# WHAT TO PRODUCE
Line by line, transcribe the records exactly.
TASK INPUT section start
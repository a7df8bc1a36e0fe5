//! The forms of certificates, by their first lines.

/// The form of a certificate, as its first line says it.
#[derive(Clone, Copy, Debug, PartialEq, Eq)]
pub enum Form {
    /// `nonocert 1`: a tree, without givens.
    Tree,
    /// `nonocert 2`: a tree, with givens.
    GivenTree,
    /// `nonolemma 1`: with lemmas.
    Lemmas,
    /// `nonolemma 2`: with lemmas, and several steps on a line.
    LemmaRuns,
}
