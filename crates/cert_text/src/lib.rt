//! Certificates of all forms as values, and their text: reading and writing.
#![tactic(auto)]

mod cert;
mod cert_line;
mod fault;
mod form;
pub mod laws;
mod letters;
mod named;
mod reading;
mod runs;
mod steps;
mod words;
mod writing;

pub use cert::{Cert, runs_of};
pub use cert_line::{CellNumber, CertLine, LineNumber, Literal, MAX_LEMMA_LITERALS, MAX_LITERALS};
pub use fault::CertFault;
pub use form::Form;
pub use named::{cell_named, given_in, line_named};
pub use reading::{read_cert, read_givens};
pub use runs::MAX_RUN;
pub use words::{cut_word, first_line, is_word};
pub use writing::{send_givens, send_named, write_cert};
TASK INPUT section end
# EXERCISE RESULT
repository a7df8bc1a36e0fe5
//! The forms of certificates, by their first lines.

/// The form of a certificate, as its first line says it.
#[derive(Clone, Copy, Debug, PartialEq, Eq)]
pub enum Form {
    /// `nonocert 1`: a tree, without givens.
    Tree,
    /// `nonocert 2`: a tree, with givens.
    GivenTree,
    /// `nonolemma 1`: with lemmas.
    Lemmas,
    /// `nonolemma 2`: with lemmas, and several steps on a line.
    LemmaRuns,
}
filename crates/cert_text/src/lib.rt
//! Certificates of all forms as values, and their text: reading and writing.
#![tactic(auto)]

mod cert;
mod cert_line;
mod fault;
mod form;
pub mod laws;
mod letters;
mod named;
mod reading;
mod runs;
mod steps;
mod words;
mod writing;

pub use cert::{Cert, runs_of};
pub use cert_line::{CellNumber, CertLine, LineNumber, Literal, MAX_LEMMA_LITERALS, MAX_LITERALS};
pub use fault::CertFault;
pub use form::Form;
pub use named::{cell_named, given_in, line_named};
pub use reading::{read_cert, read_givens};
pub use runs::MAX_RUN;
pub use words::{cut_word, first_line, is_word};
pub use writing::{send_givens, send_named, write_cert};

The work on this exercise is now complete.